We don’t often get the advice to keep our options open. Instead, we’re told to specialize by investing huge hours in our passion so we can be successful in a niche.

The problem is, it’s bad advice. We live in a world that’s constantly changing, and if we can’t respond effectively to those changes, we become redundant, frustrated, and useless.

Instead of focusing on becoming great at one thing, there is another, counterintuitive strategy that will get us further: preserving optionality. The more options we have, the better suited we are to deal with unpredictability and uncertainty. We can stay calm when others panic because we have choices.

Optionality refers to the act of keeping as many options open as possible. Preserving optionality means avoiding limiting choices or dependencies. It means staying open to opportunities and always having a backup plan.

An option is usually defined as something we have the freedom to choose. That’s a fairly broad definition. In the context of a strategy, it must also have a limited downside and an open-ended upside. Betting in a casino is not an option, for example—the upside is known. Losses and gains are both constrained. What about betting on a new tech startup? That’s an option—the upside is theoretically unlimited; the losses are limited to the amount you invest.

Options present themselves all the time, but life-altering ones often come up during times of great change. These options are the ones we have the hardest time capitalizing on. If we’ve specialized too much, change is a threat, not an opportunity. Thus, if we aren’t certain where the opportunities are going to be (and we never are), then we need to make choices to keep our options open.

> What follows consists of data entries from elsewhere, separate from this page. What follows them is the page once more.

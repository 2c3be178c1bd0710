//! Up to 64 values in place.

ghost use Rattle.std.specs.Prelude.{◌≡◌, ◌+◌, ◌<◌, ◌≤◌, ◌++◌, length, take, drop, get_or, IfOk};
ghost use Rattle.std.specs.Prelude.{OnOk};
ghost use Rattle.name_tree.specs.inside.Few.{HoldRows, IsRow, row_values, rows_of};

use omos_base::{NoMemory, Row, Shared};
use omos_model::Stamped;
use std::alloc::Global;
use std::marker::Model;

/// Of which there can be a second owner.
pub trait Owned: Drop {
    /// A second owner of the same value, which is not copied.
    fn second(&self) -> Result<Self, NoMemory>
        ensures { IfOk result (λ second. second ≡ self.now) };
}

impl Owned for Stamped {
    fn second(&self) -> Result<Stamped, NoMemory> {
        self.twin()
    }
}

impl<T: Drop> Owned for Shared<T> {
    fn second(&self) -> Result<Shared<T>, NoMemory> {
        self.twin()
    }
}

/// One, two, four, six or eight rows of eight values: the fewest that hold those that there are.
#[derive(Drop)]
pub(crate) enum Rows<T> {
    One([[T; 8]; 1]),
    Two([[T; 8]; 2]),
    Four([[T; 8]; 4]),
    Six([[T; 8]; 6]),
    Eight([[T; 8]; 8]),
}

impl<T> Rows<T> {
    /// The values of all rows.
    fn as_slice(&self) -> &[T]
        requires { length (rows_of self.now) ≤ 8 }
        ensures { result.now ≡ row_values (rows_of self.now) }
    {
        match self {
            Rows::One(rows) => rows.as_slice().as_flattened(),
            Rows::Two(rows) => rows.as_slice().as_flattened(),
            Rows::Four(rows) => rows.as_slice().as_flattened(),
            Rows::Six(rows) => rows.as_slice().as_flattened(),
            Rows::Eight(rows) => rows.as_slice().as_flattened(),
        }
    }
}

/// At most 64 values, that contracts see as their list. They stand in place, so that what shares
/// them has one allocation; behind them the last one fills the rows.
#[derive(Drop)]
pub struct Few<T> {
    rows: Rows<T>,
    count: usize,
}

impl<T> Model for Few<T> {
    ghost use Rattle.std.specs.Prelude.{◌≡◌, ◌≤◌, List, length, take};
    ghost use Rattle.std.specs.Coded.{coded_list};
    ghost use Rattle.name_tree.specs.inside.Few.{row_values, rows_of};

    ghost Value = { List T };

    ghost coded = { coded_list T.code };

    ghost view = { λ few. take few.count (row_values (rows_of few.rows)) };

    ghost invariant = { λ few. (length (rows_of few.rows) ≤ 8)
        × (few.count ≤ length (row_values (rows_of few.rows))) };
}

impl<T> Few<T> {
    /// The values.
    pub fn as_slice(&self) -> &[T]
        ensures { result.now ≡ self.now }
    {
        self.rows.as_slice().split_at(self.count).0
    }
}

impl<T: Owned> Few<T> {
    /// Second owners of so many of the values of three slices, from a number on.
    pub fn of(
        alloc: Global,
        front: &[T],
        new: &[T],
        back: &[T],
        from: usize,
        count: usize,
    ) -> Result<Shared<Few<T>>, NoMemory>
        requires some { 0 < count }
        requires few { count ≤ 64 }
        requires near { from ≤ 64 }
        requires within { from + count ≤ length (front.now ++ new.now ++ back.now) }
        ensures { IfOk result (λ few. few
            ≡ take count (drop from (front.now ++ new.now ++ back.now))) }
    {
        let rows = rows_from(front, new, back, from, count)?;
        Shared::of(alloc, Few { rows, count })
    }
}

/// Up to 8 values, that contracts see as their list, in place as those of a `Few`.
#[derive(Drop)]
pub struct Small<T> {
    row: [T; 8],
    count: usize,
}

impl<T> Model for Small<T> {
    ghost use Rattle.std.specs.Prelude.{◌≡◌, ◌≤◌, List, length, take};
    ghost use Rattle.std.specs.Coded.{coded_list};

    ghost Value = { List T };

    ghost coded = { coded_list T.code };

    ghost view = { λ small. take small.count small.row };

    ghost invariant = { λ small. (small.count ≤ 8) × (length small.row ≡ 8) };
}

impl<T> Small<T> {
    /// The values.
    pub fn as_slice(&self) -> &[T]
        ensures { result.now ≡ self.now }
    {
        self.row.as_slice().split_at(self.count).0
    }
}

impl<T: Owned> Small<T> {
    /// Second owners of the values of three slices.
    pub fn of(
        alloc: Global,
        front: &[T],
        new: &[T],
        back: &[T],
        count: usize,
    ) -> Result<Shared<Small<T>>, NoMemory>
        requires some { 0 < count }
        requires few { count ≤ 8 }
        requires whole { count ≡ length (front.now ++ new.now ++ back.now) }
        ensures { IfOk result (λ small. small ≡ front.now ++ new.now ++ back.now) }
    {
        let row = row(front, new, back, 0, count - 1)?;
        Shared::of(alloc, Small { row, count })
    }
}

/// The value of a number among those of three slices.
#[inline(always)]
fn item<'a, T>(front: &'a [T], new: &'a [T], back: &'a [T], at: usize) -> &'a T
    requires { at < length (front.now ++ new.now ++ back.now) }
    ensures { result.now ≡ get_or (front.now ++ new.now ++ back.now) at result.now }
{
    if at < front.len() {
        return &front[at];
    }
    let later = at - front.len();
    if later < new.len() {
        return &new[later];
    }
    &back[later - new.len()]
}

/// A second owner of the value of a number, or of the last one where that is lower.
#[inline(always)]
fn owner<T: Owned>(
    front: &[T],
    new: &[T],
    back: &[T],
    at: usize,
    last: usize,
) -> Result<T, NoMemory>
    requires { last < length (front.now ++ new.now ++ back.now) }
    ensures { IfOk result (λ x. at ≤ last → x ≡ get_or (front.now ++ new.now ++ back.now) at x) }
{
    item(front, new, back, at.min(last)).second()
}

/// Second owners of eight of the values, from a number on.
fn row<T: Owned>(
    front: &[T],
    new: &[T],
    back: &[T],
    at: usize,
    last: usize,
) -> Result<[T; 8], NoMemory>
    requires near { at ≤ 120 }
    requires within { last < length (front.now ++ new.now ++ back.now) }
    ensures { IfOk result (λ row. IsRow (front.now ++ new.now ++ back.now) at last row) }
{
    Ok([
        owner(front, new, back, at, last)?,
        owner(front, new, back, at + 1, last)?,
        owner(front, new, back, at + 2, last)?,
        owner(front, new, back, at + 3, last)?,
        owner(front, new, back, at + 4, last)?,
        owner(front, new, back, at + 5, last)?,
        owner(front, new, back, at + 6, last)?,
        owner(front, new, back, at + 7, last)?,
    ])
}

/// Rows of second owners of so many of the values, from a number on.
fn rows_from<T: Owned>(
    front: &[T],
    new: &[T],
    back: &[T],
    from: usize,
    count: usize,
) -> Result<Rows<T>, NoMemory>
    requires some { 0 < count }
    requires few { count ≤ 64 }
    requires near { from ≤ 64 }
    requires within { from + count ≤ length (front.now ++ new.now ++ back.now) }
    ensures { IfOk result (λ rows. HoldRows (front.now ++ new.now ++ back.now) from count rows) }
{
    let last = from + (count - 1);
    let first = row(front, new, back, from, last)?;
    if count <= 8 {
        return Ok(Rows::One([first]));
    }
    let second = row(front, new, back, from + 8, last)?;
    if count <= 16 {
        return Ok(Rows::Two([first, second]));
    }
    let third = row(front, new, back, from + 16, last)?;
    let fourth = row(front, new, back, from + 24, last)?;
    if count <= 32 {
        return Ok(Rows::Four([first, second, third, fourth]));
    }
    let fifth = row(front, new, back, from + 32, last)?;
    let sixth = row(front, new, back, from + 40, last)?;
    if count <= 48 {
        return Ok(Rows::Six([first, second, third, fourth, fifth, sixth]));
    }
    let seventh = row(front, new, back, from + 48, last)?;
    let eighth = row(front, new, back, from + 56, last)?;
    Ok(Rows::Eight([first, second, third, fourth, fifth, sixth, seventh, eighth]))
}

/// Appends second owners of the values.
pub fn append<T: Owned>(list: &mut Row<T>, more: &[T]) -> Result<(), NoMemory>
    ensures { OnOk result (list.new ≡ list.old ++ more.now) }
{
    for item in more {
        list.push(item.second()?)?;
    }
    Ok(())
}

Baron Rothschild is often quoted as having said that “the time to buy is when there’s blood in the streets.” That’s a misquote, however. What he actually said was “buy when there’s blood in the streets, even if the blood is your own.” Rothschild recognized that those are the times when new options emerge. That’s when many investors make their fortunes and when entrepreneurs innovate. Rothschild saw opportunity in chaos. He made a fortune buying during the panic after the Battle of Waterloo.

When we occupy a small niche, we sacrifice optionality. That means less freedom and greater dependency. No one can predict the future—not even experts—so isn’t it a good idea to have as many avenues open as possible?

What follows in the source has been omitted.